İsmail Ok, MHP'den istifa edip İyi Parti'ye geçti.

Bütün arkadaşlarımız alkışladı.

İsmail Ok, İyi Parti'den de istifa etti.

Bütün İyi Parti, milletvekilliğinden de istifa etmesini istedi.

İsmail Ok, yeniden milletvekili olmak istedi, oldu.

İsmail Ok, belediye başkanı olmak istedi, aday gösterildi.

İsmail Ok, Genel Başkan Yardımcısı olmak istedi, oldu.

Kısacası ne istediyse oldu.

İsmail Ok ne istiyorsa onu olurken susan kim varsa, bugün İsmail Ok'a sallamaya başladı.

Bu kadar basiretsizdi de, istediği her şeyi olurken neden ses etmediniz diye sormadan edemiyor insan.
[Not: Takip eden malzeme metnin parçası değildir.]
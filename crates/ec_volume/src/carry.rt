// An update that fits, carried out on the images of its operands.
ghost use Rattle.std.specs.Prelude.{◌≡◌, ◌==◌, ℕ, T, true, false, None, [], ◌∷◌, OnOk, OnErr, IfOk};
ghost use Rattle.std.specs.Ordering.{nat_cmp};
ghost use Rattle.std.specs.FinMap.{put};
ghost use Rattle.ec_base.specs.SortedPlaces.{StandsAt};
ghost use Rattle.ec_volume.specs.Image.{is_gone, new_object};
ghost use Rattle.ec_volume.specs.Update.{is_sound, operands, first_unfit, fits, effect};
ghost use Rattle.ec_volume.specs.Volume.{images, after};
ghost use Rattle.ec_volume.specs.Held.{IsVolume, is_held};
ghost use Rattle.ec_volume.specs.Carry.{instead, cleared};

use crate::image::{Image, Kind};
use crate::shared::SharedImage;
use crate::update::Update;
use ec_base::{Change, Duplicate, NoMemory, ObjId, SortedMap};
use std::alloc::Global;

// What an update makes of the image of one of its operands.
#[derive(Drop)]
struct Step<'a> {
    alloc: Global,
    update: &'a Update,
    id: ObjId,
}

impl Change<SharedImage> for Step<'_> {
    ghost use Rattle.std.specs.Prelude.{T};
    ghost use Rattle.ec_volume.specs.Update.{is_sound, effect};

    ghost ready = { λ step. T (is_sound step.update.now) };

    ghost makes = { λ step image. effect step.update.now step.id image };

    fn change(&self, image: &mut SharedImage) -> Result<(), NoMemory> {
        image.effect(self.alloc, self.update, self.id)
    }
}

/// Carries out an update that fits. What may want memory comes first.
pub(crate) fn carry_out(
    map: &mut SortedMap<ObjId, SharedImage>,
    update: &Update,
) -> Result<(), NoMemory>
    requires volume { IsVolume map.old }
    requires sound { T (is_sound update.now) }
    requires fits { first_unfit update.now (images map.old) (operands update.now) ≡ None }
    ensures ok { OnOk result ((o : ℕ) → images map.new o ≡ after (images map.old) (update.now ∷ []) o) }
    ensures volume { IsVolume map.new }
    ensures err { OnErr result (map.new ≡ map.old) }
{
    match update {
        Update::Make { dir, obj, kind, .. } => make(map, update, *dir, *obj, *kind),
        Update::Drop { dir, obj, .. } => {
            change(map, update, *dir)?;
            clear(map, Some(*obj));
            Ok(())
        }
        Update::Move { dir, victim, .. } => {
            change(map, update, *dir)?;
            clear(map, *victim);
            Ok(())
        }
        Update::Put { obj, .. }
        | Update::Len { obj, .. }
        | Update::Mode { obj, .. }
        | Update::Stamp { obj, .. }
        | Update::Owner { obj, .. } => change(map, update, *obj),
        Update::Order { .. } => Ok(()),
        Update::Shift {
            dir,
            into,
            victim,
            ..
        } => {
            let left = changed_image(map, update, *dir)?;
            change(map, update, *into)?;
            give(map, *dir, left);
            clear(map, *victim);
            Ok(())
        }
    }
}

// A new object, and what the update makes of its directory.
fn make(
    map: &mut SortedMap<ObjId, SharedImage>,
    update: &Update,
    dir: ObjId,
    obj: ObjId,
    kind: Kind,
) -> Result<(), NoMemory>
    requires volume { IsVolume map.old }
    requires sound { T (is_sound update.now) }
    requires apart { (dir == obj) ≡ false }
    requires fits { fits update.now dir (images map.old dir) ≡ true }
    requires live { is_gone (images map.old dir) ≡ false }
    requires stays { is_gone (effect update.now dir (images map.old dir)) ≡ false }
    requires gone { is_gone (images map.old obj) ≡ true }
    ensures ok { OnOk result ((o : ℕ) → images map.new o ≡ instead dir (effect update.now dir (images map.old dir)) (instead obj (new_object kind) (images map.old)) o) }
    ensures volume { IsVolume map.new }
    ensures err { OnErr result (map.new ≡ map.old) }
{
    let alloc = *map.allocator();
    add(map, obj, Image::new_object(alloc, kind))?;
    let done = change(map, update, dir);
    if done.is_err() {
        map.remove(&obj);
    }
    done
}

// Adds an object.
fn add(map: &mut SortedMap<ObjId, SharedImage>, obj: ObjId, image: Image) -> Result<(), NoMemory>
    requires volume { IsVolume map.old }
    requires held { is_held image ≡ true }
    ensures ok { OnOk result (map.new ≡ put nat_cmp obj image map.old) }
    ensures volume { IsVolume map.new }
    ensures err { OnErr result (map.new ≡ map.old) }
{
    let shared = SharedImage::new(*map.allocator(), image)?;
    map.insert(obj, shared)
}

// What the update makes of an object that neither comes nor goes.
fn change(
    map: &mut SortedMap<ObjId, SharedImage>,
    update: &Update,
    id: ObjId,
) -> Result<(), NoMemory>
    requires volume { IsVolume map.old }
    requires sound { T (is_sound update.now) }
    requires fits { fits update.now id (images map.old id) ≡ true }
    requires live { is_gone (images map.old id) ≡ false }
    requires stays { is_gone (effect update.now id (images map.old id)) ≡ false }
    ensures ok { OnOk result ((o : ℕ) → images map.new o ≡ instead id (effect update.now id (images map.old id)) (images map.old) o) }
    ensures volume { IsVolume map.new }
    ensures err { OnErr result (map.new ≡ map.old) }
{
    let alloc = *map.allocator();
    map.change(&id, &Step { alloc, update, id })
}

/// The same, where the object stands at this place of the map.
pub(crate) fn change_at(
    map: &mut SortedMap<ObjId, SharedImage>,
    update: &Update,
    id: ObjId,
    place: usize,
) -> Result<(), NoMemory>
    requires volume { IsVolume map.old }
    requires stands { StandsAt nat_cmp id map.old place }
    requires sound { T (is_sound update.now) }
    requires fits { fits update.now id (images map.old id) ≡ true }
    requires live { is_gone (images map.old id) ≡ false }
    requires stays { is_gone (effect update.now id (images map.old id)) ≡ false }
    ensures ok { OnOk result ((o : ℕ) → images map.new o ≡ instead id (effect update.now id (images map.old id)) (images map.old) o) }
    ensures volume { IsVolume map.new }
    ensures err { OnErr result (map.new ≡ map.old) }
{
    let alloc = *map.allocator();
    map.change_at(&id, place, &Step { alloc, update, id })
}

// What the update makes of the image of such an object, which stays as it is.
fn changed_image(
    map: &SortedMap<ObjId, SharedImage>,
    update: &Update,
    id: ObjId,
) -> Result<SharedImage, NoMemory>
    requires volume { IsVolume map.now }
    requires sound { T (is_sound update.now) }
    requires fits { fits update.now id (images map.now id) ≡ true }
    requires live { is_gone (images map.now id) ≡ false }
    requires stays { is_gone (effect update.now id (images map.now id)) ≡ false }
    ensures image { IfOk result (λ image. image ≡ effect update.now id (images map.now id)) }
    ensures held { IfOk result (λ image. is_held image ≡ true) }
{
    let Some(image) = map.get(&id) else {
        unreachable!()
    };
    let mut image = image.duplicate()?;
    image.effect(*map.allocator(), update, id)?;
    Ok(image)
}

// Puts an image in the place of a live object's.
fn give(map: &mut SortedMap<ObjId, SharedImage>, id: ObjId, image: SharedImage)
    requires volume { IsVolume map.old }
    requires live { is_gone (images map.old id) ≡ false }
    requires held { is_held image ≡ true }
    ensures images { (o : ℕ) → images map.new o ≡ instead id image (images map.old) o }
    ensures volume { IsVolume map.new }
{
    map.replace(&id, image);
}

// Removes an object, if any.
fn clear(map: &mut SortedMap<ObjId, SharedImage>, victim: Option<ObjId>)
    requires { IsVolume map.old }
    ensures images { (o : ℕ) → images map.new o ≡ cleared victim (images map.old) o }
    ensures volume { IsVolume map.new }
{
    if let Some(id) = victim {
        map.remove(&id);
    }
}
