// What an update makes of the image of one of its operands.
ghost use Rattle.std.specs.Prelude.{◌≡◌, ◌+◌, ◌-◌, ◌≤◌, ◌++◌, ℕ, T, true, false, length, take, drop, replicate, OnOk, OnErr};
ghost use Rattle.ec_volume.specs.Entries.{same_name, with_entry, without_entry};
ghost use Rattle.ec_volume.specs.Image.{resized, overwritten, with_bytes, with_entries, with_mode, with_stamp, with_owner};
ghost use Rattle.ec_volume.specs.Limits.{max_file_bytes};
ghost use Rattle.ec_volume.specs.Update.{is_sound, effect};
ghost use Rattle.ec_volume.specs.RoomWanted.{wants_room};
ghost use Rattle.ec_volume.specs.Carry.{renames};

use crate::image::{Image, is_id};
use crate::update::Update;
use ec_base::{List, Name, NoMemory, ObjId};
use std::alloc::Global;
use std::mem;

impl Image {
    /// Makes of the image of the operand `at` what the update makes of it. It takes no memory but for
    /// a directory that gets an entry and a file that gets bytes.
    pub fn effect(&mut self, alloc: Global, update: &Update, at: ObjId) -> Result<(), NoMemory>
        requires { T (is_sound update.now) }
        ensures ok { OnOk result (self.new ≡ effect update.now at self.old) }
        ensures err { OnErr result (self.new ≡ self.old) }
        ensures room { OnErr result (wants_room update.now at ≡ true) }
    {
        match update {
            Update::Make {
                dir,
                name,
                obj,
                kind,
            } => {
                if at == *dir {
                    return self.add_entry(name, *obj);
                }
                *self = Image::new_object(alloc, *kind);
            }
            Update::Drop { dir, name, .. } => {
                if at == *dir {
                    self.remove_entry(name);
                } else {
                    *self = Image::Gone;
                }
            }
            Update::Move {
                dir,
                from,
                to,
                obj,
                ..
            } => {
                if at == *dir {
                    return self.rename_entry(from, to, *obj);
                }
                if at != *obj {
                    *self = Image::Gone;
                }
            }
            Update::Shift {
                dir,
                from,
                into,
                to,
                obj,
                victim,
                ..
            } => {
                if at == *dir {
                    self.remove_entry(from);
                } else if at == *into {
                    return self.add_entry(to, *obj);
                } else if is_id(at, *victim) {
                    *self = Image::Gone;
                }
            }
            _ => return self.change_itself(alloc, update),
        }
        Ok(())
    }

    // What an update of the object's own parts makes of its image.
    fn change_itself(&mut self, alloc: Global, update: &Update) -> Result<(), NoMemory>
        requires sound { T (is_sound update.now) }
        requires itself { renames update.now ≡ false }
        ensures ok { OnOk result ((id : ℕ) → self.new ≡ effect update.now id self.old) }
        ensures err { OnErr result (self.new ≡ self.old) }
        ensures room { OnErr result ((id : ℕ) → wants_room update.now id ≡ true) }
    {
        match update {
            Update::Put { at, bytes, .. } => {
                return self.overwrite(alloc, *at as usize, bytes.as_slice());
            }
            Update::Len { len, .. } => return self.resize(alloc, *len as usize),
            Update::Mode { mode, .. } => self.set_mode(*mode),
            Update::Stamp { stamp, .. } => self.set_stamp(*stamp),
            Update::Owner { owner, .. } => self.set_owner(*owner),
            _ => {}
        }
        Ok(())
    }

    pub(crate) fn add_entry(&mut self, name: &Name, id: ObjId) -> Result<(), NoMemory>
        ensures ok { OnOk result (self.new ≡ with_entries (λ es. with_entry es name.now id) self.old) }
        ensures err { OnErr result (self.new ≡ self.old) }
    {
        match self {
            Image::Dir { entries, .. } => entries.add(name, id),
            Image::File { .. } | Image::Gone => Ok(()),
        }
    }

    pub(crate) fn remove_entry(&mut self, name: &Name)
        ensures { self.new ≡ with_entries (λ es. without_entry es name.now) self.old }
    {
        match self {
            Image::Dir { entries, .. } => entries.remove(name),
            Image::File { .. } | Image::Gone => {}
        }
    }

    fn rename_entry(&mut self, from: &Name, to: &Name, id: ObjId) -> Result<(), NoMemory>
        requires { same_name from.now to.now ≡ false }
        ensures ok { OnOk result (self.new ≡ with_entries (λ es. with_entry (without_entry es from.now) to.now id) self.old) }
        ensures err { OnErr result (self.new ≡ self.old) }
    {
        match self {
            Image::Dir { entries, .. } => entries.rename(from, to, id),
            Image::File { .. } | Image::Gone => Ok(()),
        }
    }

    fn overwrite(&mut self, alloc: Global, at: usize, new: &[u8]) -> Result<(), NoMemory>
        requires { at + length new.now ≤ max_file_bytes }
        ensures ok { OnOk result (self.new ≡ with_bytes (overwritten at new.now) self.old) }
        ensures err { OnErr result (self.new ≡ self.old) }
    {
        match self {
            Image::File { bytes, .. } => {
                let mut held = mem::replace(bytes, List::of(Vec::new(alloc))).into_vec();
                let done = overwrite(&mut held, at, new);
                *bytes = List::of(held);
                done
            }
            Image::Dir { .. } | Image::Gone => Ok(()),
        }
    }

    fn resize(&mut self, alloc: Global, len: usize) -> Result<(), NoMemory>
        ensures ok { OnOk result (self.new ≡ with_bytes (resized len) self.old) }
        ensures err { OnErr result (self.new ≡ self.old) }
    {
        match self {
            Image::File { bytes, .. } => {
                let mut held = mem::replace(bytes, List::of(Vec::new(alloc))).into_vec();
                let done = resize(&mut held, len);
                *bytes = List::of(held);
                done
            }
            Image::Dir { .. } | Image::Gone => Ok(()),
        }
    }

    fn set_mode(&mut self, new: u16)
        ensures { self.new ≡ with_mode new self.old }
    {
        match self {
            Image::File { mode, .. } => *mode = new,
            Image::Dir { mode, .. } => *mode = new,
            Image::Gone => {}
        }
    }

    fn set_stamp(&mut self, new: u64)
        ensures { self.new ≡ with_stamp new self.old }
    {
        match self {
            Image::File { stamp, .. } => *stamp = new,
            Image::Dir { stamp, .. } => *stamp = new,
            Image::Gone => {}
        }
    }

    fn set_owner(&mut self, new: u32)
        ensures { self.new ≡ with_owner new self.old }
    {
        match self {
            Image::File { owner, .. } => *owner = new,
            Image::Dir { owner, .. } => *owner = new,
            Image::Gone => {}
        }
    }
}

// The first bytes, with zeros behind the end.
fn resize(bytes: &mut Vec<u8>, len: usize) -> Result<(), NoMemory>
    ensures ok { OnOk result (bytes.new.items ≡ resized len bytes.old.items) }
    ensures err { OnErr result (bytes.new.items ≡ bytes.old.items) }
{
    bytes.resize(len, 0)?;
    Ok(())
}

// New bytes at a place, in the place of those that stand there.
fn overwrite(bytes: &mut Vec<u8>, at: usize, new: &[u8]) -> Result<(), NoMemory>
    requires { at + length new.now ≤ max_file_bytes }
    ensures ok { OnOk result (bytes.new.items ≡ overwritten at new.now bytes.old.items) }
    ensures err { OnErr result (bytes.new.items ≡ bytes.old.items) }
{
    lengthen(bytes, at + new.len())?;
    write_at(bytes, at, new);
    Ok(())
}

// Zeros behind the end, where the bytes are fewer.
fn lengthen(bytes: &mut Vec<u8>, len: usize) -> Result<(), NoMemory>
    ensures ok { OnOk result (bytes.new.items ≡ bytes.old.items ++ replicate (len - length bytes.old.items) 0) }
    ensures err { OnErr result (bytes.new.items ≡ bytes.old.items) }
{
    if bytes.len() < len {
        bytes.resize(len, 0)?;
    }
    Ok(())
}

fn write_at(bytes: &mut [u8], at: usize, new: &[u8])
    requires { at + length new.now ≤ length bytes.old }
    ensures { bytes.new ≡ take at bytes.old ++ new.now ++ drop (at + length new.now) bytes.old }
{
    bytes[at..at + new.len()].copy_from_slice(new);
}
Bütün bunların aslında tek bir sebebi var. O da şu: Fikir olmayınca, dağılmak mukadder oluyor.

İnsanları bir arada tutan, kan kusup kızılcık şerbeti içmelerine sebep olan, fedakarlıkta sınır tanımamalarını sağlayan şey elbette fikirdir.

Fikir yoksa kavga kaçınılmaz olur.

İyi Parti'nin bir türlü toparlanamamasının esas sebebi de odur.

Nedir İyi Parti? Milliyetçi mi? Demokrat mı? Muhafazar mı? Ülkücü mü? Liberal mi? Yoksa hepsi birden mi? Yani hiçbir şey mi?

Türk siyaseti bir gelişmeyi daha İyi Parti sayesinde not etti:

Partinin resmi bir fikri yoksa, o partiyi kuranların fikirleri ile gemi yüzmez. Fikirsiz bir parti, her fikirden insanı bünyesine katarak vatandaşı değil; ancak kendisini kandırır. Ta ki tarihe gömülene kadar.